Saved data entries:
**********

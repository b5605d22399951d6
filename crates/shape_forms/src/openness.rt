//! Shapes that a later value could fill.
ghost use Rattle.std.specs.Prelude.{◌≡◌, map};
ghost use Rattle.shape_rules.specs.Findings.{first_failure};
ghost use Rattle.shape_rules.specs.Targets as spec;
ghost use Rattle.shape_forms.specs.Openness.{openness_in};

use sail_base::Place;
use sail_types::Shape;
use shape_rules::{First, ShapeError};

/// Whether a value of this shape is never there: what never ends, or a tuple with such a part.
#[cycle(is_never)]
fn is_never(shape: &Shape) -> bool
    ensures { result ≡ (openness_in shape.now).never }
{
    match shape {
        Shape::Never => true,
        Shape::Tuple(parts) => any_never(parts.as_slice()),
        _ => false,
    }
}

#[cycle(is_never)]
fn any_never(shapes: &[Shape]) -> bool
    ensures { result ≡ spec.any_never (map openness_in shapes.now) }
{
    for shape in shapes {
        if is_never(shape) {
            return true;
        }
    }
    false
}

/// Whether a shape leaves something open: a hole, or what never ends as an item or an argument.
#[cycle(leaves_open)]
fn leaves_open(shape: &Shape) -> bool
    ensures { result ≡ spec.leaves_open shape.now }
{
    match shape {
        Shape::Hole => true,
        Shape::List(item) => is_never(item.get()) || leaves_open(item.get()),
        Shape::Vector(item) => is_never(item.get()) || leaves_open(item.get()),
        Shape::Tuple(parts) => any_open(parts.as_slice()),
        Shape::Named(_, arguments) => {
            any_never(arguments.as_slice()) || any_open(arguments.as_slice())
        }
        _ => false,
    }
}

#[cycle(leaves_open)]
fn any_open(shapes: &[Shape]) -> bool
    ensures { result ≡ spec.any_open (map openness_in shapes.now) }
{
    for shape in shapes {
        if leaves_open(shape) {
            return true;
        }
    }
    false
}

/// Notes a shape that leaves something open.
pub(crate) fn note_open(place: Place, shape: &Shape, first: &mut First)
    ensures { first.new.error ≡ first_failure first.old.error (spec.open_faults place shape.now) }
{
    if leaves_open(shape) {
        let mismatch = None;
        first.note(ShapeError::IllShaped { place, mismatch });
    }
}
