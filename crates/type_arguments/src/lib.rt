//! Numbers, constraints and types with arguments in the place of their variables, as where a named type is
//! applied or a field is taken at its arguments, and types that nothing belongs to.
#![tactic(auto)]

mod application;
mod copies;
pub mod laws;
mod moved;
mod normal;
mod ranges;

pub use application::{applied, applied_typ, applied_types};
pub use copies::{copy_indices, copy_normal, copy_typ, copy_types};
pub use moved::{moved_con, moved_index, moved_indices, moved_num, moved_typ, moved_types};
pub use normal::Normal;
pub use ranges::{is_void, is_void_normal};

**********

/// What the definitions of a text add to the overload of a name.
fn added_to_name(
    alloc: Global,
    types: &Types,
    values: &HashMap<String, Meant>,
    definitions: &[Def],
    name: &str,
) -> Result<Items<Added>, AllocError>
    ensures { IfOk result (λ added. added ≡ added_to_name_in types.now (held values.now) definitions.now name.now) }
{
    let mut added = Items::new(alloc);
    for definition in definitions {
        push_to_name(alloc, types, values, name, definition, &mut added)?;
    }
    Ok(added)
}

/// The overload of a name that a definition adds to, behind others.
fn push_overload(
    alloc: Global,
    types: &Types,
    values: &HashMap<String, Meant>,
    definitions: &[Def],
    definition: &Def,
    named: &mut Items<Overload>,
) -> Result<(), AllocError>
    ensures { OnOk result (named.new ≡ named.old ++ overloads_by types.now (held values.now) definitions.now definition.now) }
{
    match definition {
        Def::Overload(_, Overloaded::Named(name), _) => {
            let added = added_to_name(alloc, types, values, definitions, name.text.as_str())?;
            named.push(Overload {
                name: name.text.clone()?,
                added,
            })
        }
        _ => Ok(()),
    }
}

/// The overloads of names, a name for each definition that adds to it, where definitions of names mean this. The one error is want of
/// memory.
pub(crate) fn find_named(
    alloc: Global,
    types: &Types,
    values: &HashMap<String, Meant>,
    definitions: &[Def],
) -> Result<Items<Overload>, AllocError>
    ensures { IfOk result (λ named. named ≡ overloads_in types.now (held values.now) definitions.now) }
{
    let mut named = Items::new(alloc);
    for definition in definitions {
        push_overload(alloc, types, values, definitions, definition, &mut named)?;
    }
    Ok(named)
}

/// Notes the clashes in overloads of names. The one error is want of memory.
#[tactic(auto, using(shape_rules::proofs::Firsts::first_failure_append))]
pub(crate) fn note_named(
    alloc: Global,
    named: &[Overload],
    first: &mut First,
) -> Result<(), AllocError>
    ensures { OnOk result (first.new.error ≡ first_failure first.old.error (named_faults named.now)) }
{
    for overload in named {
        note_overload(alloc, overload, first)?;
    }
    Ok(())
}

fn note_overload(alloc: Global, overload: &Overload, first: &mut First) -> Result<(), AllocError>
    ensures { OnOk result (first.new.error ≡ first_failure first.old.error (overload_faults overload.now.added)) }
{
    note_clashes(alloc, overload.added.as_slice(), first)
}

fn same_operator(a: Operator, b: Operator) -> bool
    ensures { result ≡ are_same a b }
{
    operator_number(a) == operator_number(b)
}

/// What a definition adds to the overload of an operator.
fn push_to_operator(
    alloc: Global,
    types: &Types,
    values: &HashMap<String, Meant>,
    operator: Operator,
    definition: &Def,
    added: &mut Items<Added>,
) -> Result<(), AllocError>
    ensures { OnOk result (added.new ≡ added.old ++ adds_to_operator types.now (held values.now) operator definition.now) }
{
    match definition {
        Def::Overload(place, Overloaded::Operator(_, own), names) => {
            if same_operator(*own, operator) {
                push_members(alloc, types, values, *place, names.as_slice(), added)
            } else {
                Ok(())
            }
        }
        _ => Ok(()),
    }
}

**********

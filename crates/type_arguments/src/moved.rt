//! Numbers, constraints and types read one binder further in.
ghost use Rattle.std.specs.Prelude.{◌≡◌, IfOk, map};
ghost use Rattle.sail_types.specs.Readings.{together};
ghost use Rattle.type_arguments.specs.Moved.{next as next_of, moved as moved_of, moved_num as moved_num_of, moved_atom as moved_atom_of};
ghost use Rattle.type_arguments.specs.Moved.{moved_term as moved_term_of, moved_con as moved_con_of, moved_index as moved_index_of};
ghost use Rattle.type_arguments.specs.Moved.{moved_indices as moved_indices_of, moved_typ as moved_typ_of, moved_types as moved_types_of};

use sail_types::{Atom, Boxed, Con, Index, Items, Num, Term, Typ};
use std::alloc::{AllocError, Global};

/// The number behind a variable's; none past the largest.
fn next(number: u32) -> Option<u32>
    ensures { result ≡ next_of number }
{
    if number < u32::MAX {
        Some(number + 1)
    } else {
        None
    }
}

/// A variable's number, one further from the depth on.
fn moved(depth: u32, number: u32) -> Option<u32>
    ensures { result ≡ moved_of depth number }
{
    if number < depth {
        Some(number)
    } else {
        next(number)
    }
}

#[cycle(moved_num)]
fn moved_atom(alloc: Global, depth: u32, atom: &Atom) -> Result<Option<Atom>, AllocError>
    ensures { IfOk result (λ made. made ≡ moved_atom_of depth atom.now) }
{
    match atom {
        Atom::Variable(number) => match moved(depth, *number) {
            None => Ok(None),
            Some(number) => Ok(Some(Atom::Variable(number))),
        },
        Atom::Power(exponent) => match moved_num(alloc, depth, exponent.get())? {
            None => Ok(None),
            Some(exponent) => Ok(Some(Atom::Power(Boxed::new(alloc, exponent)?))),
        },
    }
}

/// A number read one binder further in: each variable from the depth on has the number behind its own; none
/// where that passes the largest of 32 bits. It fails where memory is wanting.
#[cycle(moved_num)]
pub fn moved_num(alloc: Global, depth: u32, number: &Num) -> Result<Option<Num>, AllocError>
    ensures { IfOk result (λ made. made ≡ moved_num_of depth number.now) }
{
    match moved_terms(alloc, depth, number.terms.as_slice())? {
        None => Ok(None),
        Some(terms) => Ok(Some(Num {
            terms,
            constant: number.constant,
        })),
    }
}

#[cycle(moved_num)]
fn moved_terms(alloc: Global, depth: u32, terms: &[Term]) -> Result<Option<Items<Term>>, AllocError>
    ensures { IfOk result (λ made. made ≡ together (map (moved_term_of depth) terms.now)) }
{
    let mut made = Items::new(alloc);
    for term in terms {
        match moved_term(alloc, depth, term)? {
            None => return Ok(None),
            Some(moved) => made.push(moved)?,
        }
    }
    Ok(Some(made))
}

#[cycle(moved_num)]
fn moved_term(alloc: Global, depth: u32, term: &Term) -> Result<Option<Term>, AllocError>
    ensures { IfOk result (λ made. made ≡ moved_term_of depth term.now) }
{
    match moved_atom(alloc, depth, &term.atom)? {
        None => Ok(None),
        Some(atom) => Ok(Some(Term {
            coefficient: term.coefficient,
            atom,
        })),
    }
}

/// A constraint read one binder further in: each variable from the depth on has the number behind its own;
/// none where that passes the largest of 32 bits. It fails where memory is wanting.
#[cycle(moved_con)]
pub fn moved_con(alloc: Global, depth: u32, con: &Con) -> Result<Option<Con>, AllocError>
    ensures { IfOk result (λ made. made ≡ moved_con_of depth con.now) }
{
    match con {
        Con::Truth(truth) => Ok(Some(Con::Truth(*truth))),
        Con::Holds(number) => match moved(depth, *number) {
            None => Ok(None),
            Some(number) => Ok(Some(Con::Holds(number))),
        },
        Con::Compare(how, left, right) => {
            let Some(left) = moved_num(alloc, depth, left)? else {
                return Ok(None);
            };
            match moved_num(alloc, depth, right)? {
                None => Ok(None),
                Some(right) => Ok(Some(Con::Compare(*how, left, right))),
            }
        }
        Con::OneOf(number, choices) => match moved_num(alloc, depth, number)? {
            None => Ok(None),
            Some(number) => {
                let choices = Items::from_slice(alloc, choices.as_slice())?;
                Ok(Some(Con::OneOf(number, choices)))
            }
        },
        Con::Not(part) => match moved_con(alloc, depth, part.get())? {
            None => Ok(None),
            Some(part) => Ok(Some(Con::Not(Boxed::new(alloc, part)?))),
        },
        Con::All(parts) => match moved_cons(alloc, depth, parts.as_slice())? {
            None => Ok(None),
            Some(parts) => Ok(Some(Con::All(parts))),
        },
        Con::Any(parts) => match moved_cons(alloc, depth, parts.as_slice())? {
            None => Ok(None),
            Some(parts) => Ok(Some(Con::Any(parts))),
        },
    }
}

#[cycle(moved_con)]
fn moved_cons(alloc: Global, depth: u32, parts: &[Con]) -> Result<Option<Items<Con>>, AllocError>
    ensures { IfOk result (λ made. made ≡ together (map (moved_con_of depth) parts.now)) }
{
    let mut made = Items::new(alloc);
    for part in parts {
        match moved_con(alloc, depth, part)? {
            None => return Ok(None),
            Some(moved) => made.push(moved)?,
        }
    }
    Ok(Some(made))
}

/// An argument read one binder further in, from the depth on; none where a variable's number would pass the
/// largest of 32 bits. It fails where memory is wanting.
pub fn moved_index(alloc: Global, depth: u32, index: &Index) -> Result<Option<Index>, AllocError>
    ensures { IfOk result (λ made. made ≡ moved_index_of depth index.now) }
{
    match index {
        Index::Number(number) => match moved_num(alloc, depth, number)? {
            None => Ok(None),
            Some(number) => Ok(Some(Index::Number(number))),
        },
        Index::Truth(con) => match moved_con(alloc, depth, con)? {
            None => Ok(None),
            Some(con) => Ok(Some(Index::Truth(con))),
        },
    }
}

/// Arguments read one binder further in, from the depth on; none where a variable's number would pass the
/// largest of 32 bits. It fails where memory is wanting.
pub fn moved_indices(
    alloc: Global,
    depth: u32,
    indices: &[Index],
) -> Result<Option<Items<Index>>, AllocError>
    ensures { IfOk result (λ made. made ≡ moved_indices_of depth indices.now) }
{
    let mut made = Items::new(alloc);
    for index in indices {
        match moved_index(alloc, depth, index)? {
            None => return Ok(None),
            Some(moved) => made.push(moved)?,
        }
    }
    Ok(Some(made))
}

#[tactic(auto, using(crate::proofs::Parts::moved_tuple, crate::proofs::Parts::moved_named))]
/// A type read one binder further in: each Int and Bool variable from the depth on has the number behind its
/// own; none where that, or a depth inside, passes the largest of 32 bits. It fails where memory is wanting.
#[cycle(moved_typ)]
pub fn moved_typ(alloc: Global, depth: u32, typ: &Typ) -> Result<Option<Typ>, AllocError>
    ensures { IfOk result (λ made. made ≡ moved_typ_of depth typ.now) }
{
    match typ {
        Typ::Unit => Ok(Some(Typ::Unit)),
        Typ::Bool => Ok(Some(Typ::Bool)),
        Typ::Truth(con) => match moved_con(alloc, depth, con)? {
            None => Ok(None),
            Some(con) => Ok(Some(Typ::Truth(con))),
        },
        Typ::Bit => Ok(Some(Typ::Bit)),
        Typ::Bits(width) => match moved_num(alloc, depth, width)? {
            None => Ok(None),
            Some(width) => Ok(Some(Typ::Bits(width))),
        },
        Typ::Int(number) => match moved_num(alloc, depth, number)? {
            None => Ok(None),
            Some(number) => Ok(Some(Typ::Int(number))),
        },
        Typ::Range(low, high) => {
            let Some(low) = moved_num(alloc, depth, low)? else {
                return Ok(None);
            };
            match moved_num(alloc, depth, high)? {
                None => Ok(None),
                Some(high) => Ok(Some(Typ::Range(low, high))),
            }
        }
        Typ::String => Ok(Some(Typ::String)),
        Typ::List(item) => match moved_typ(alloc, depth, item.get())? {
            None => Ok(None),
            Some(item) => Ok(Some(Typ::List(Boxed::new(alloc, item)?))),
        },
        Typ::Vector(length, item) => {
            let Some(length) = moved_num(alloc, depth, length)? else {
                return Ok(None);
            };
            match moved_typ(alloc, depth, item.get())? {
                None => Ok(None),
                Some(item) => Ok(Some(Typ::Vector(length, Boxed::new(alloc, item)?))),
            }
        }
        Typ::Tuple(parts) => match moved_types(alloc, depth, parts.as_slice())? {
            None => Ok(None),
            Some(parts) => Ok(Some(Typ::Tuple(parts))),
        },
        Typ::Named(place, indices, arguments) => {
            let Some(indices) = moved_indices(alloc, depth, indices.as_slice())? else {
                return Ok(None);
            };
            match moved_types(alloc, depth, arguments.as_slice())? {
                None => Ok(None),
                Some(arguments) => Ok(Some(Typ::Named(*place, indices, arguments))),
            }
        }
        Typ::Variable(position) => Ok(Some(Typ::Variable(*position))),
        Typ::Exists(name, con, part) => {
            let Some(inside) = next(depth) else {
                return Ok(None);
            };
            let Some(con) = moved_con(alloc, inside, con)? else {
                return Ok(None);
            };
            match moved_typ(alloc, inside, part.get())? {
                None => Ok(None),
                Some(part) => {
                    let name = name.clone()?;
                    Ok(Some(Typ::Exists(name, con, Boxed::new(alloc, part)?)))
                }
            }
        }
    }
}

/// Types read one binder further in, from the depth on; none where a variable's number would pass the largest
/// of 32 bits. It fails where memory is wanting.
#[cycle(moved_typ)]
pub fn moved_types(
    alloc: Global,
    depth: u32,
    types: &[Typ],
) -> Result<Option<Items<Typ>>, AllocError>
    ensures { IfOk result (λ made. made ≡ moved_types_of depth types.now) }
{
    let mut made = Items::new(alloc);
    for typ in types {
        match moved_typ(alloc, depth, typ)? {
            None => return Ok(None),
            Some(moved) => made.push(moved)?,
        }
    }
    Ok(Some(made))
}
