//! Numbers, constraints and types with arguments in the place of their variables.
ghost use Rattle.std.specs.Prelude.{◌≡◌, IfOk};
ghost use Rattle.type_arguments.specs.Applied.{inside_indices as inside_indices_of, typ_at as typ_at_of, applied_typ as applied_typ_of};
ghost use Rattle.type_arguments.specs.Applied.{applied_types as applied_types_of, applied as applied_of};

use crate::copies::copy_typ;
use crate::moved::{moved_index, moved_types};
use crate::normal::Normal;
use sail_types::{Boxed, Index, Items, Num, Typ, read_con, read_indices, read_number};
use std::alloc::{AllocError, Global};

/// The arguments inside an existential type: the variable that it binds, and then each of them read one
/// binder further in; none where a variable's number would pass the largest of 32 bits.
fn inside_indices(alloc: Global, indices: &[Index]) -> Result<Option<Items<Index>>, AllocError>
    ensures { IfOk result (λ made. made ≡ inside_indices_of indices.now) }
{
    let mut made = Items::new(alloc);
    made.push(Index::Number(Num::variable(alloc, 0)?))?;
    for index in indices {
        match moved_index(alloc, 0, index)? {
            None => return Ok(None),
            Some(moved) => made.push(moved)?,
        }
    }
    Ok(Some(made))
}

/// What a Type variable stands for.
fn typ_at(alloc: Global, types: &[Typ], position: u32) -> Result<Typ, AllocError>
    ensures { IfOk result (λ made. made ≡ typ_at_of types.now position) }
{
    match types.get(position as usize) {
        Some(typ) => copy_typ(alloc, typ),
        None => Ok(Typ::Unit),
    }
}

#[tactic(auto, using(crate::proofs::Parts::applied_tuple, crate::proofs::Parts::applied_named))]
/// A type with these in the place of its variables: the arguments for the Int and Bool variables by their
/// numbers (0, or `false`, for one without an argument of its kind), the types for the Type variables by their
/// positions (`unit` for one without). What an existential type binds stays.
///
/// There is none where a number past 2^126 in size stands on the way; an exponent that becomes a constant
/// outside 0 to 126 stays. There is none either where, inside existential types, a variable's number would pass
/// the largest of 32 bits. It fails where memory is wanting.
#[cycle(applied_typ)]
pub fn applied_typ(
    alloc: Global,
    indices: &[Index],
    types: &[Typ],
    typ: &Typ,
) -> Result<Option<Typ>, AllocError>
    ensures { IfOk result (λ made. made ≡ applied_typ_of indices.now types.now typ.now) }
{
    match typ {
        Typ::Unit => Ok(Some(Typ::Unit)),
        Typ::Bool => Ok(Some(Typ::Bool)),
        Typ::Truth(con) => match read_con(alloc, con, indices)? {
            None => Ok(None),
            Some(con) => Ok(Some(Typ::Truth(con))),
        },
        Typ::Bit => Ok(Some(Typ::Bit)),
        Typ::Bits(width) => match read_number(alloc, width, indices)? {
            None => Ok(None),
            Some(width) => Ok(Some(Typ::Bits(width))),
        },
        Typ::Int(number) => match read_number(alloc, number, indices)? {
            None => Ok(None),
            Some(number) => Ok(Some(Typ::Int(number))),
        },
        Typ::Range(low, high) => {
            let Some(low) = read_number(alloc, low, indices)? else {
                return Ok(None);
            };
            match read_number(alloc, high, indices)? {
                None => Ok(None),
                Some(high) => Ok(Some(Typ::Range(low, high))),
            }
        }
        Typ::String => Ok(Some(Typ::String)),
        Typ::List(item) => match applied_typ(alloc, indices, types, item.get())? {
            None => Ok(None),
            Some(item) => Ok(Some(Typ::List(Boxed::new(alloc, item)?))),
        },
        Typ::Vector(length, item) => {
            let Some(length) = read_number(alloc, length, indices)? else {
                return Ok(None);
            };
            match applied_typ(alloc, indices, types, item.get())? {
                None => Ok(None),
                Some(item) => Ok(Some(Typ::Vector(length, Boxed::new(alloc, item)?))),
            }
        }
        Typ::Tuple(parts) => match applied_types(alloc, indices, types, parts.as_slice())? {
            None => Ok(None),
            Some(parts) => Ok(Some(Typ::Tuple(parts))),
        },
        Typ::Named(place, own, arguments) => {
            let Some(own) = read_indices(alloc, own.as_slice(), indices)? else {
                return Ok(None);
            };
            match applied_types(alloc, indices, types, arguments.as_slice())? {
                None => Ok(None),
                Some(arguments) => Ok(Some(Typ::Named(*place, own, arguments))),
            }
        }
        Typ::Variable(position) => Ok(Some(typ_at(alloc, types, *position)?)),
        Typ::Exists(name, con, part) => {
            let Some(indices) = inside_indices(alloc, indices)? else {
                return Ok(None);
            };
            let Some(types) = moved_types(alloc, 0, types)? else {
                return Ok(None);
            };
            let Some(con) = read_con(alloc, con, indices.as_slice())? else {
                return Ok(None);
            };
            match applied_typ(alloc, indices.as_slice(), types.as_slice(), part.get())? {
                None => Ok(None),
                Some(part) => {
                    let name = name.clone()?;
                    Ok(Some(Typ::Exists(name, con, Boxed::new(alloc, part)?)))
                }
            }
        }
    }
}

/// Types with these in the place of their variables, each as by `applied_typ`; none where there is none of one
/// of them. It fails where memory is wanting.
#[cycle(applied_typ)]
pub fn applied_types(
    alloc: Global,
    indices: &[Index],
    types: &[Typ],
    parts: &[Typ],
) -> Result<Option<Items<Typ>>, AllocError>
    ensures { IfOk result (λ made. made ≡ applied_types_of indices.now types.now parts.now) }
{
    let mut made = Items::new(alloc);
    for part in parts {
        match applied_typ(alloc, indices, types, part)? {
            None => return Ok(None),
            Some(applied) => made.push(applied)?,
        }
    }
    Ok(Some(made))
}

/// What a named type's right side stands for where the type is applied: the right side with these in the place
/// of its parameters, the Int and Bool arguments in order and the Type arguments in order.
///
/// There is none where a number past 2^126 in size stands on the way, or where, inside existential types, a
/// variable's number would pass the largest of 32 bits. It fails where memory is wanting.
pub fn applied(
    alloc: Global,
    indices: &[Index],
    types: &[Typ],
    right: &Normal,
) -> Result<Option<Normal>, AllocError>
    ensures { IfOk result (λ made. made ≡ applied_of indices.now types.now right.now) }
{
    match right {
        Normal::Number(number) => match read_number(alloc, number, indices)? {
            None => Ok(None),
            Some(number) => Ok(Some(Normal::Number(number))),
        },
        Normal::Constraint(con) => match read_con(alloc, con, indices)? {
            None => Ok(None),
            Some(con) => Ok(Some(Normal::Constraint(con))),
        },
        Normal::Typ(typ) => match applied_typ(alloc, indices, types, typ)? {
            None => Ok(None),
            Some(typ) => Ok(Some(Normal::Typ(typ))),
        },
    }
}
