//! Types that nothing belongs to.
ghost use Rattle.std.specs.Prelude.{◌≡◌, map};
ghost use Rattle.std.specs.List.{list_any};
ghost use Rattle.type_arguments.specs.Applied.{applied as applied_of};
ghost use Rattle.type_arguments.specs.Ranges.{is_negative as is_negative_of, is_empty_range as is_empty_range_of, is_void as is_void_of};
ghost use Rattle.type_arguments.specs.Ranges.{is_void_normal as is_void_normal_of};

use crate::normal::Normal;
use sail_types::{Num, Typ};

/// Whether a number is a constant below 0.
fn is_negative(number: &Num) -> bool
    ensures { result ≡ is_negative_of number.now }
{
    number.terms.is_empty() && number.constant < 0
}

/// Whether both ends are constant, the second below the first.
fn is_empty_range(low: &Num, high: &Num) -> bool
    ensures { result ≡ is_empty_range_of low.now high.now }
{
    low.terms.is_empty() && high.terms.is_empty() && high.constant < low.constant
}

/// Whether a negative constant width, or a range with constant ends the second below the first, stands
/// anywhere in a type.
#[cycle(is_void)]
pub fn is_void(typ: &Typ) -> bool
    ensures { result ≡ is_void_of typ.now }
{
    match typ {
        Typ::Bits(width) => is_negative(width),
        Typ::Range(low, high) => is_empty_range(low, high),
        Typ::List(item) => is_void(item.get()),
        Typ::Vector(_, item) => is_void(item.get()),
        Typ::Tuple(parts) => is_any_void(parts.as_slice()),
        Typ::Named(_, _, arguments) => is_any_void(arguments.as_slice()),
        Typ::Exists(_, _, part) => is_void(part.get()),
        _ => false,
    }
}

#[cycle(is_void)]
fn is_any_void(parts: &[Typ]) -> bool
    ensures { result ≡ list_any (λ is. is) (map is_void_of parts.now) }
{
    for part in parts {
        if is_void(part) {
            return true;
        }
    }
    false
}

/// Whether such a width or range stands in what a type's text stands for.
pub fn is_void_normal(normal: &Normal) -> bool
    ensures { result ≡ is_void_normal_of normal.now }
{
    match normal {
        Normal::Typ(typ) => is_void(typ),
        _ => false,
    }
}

**********

#### [Aim of the task]
All lines of the data that hold "copies" need to be copied.

#### [Output]
mod copies;
pub use copies::{copy_indices, copy_normal, copy_typ, copy_types};
use crate::copies::copy_typ;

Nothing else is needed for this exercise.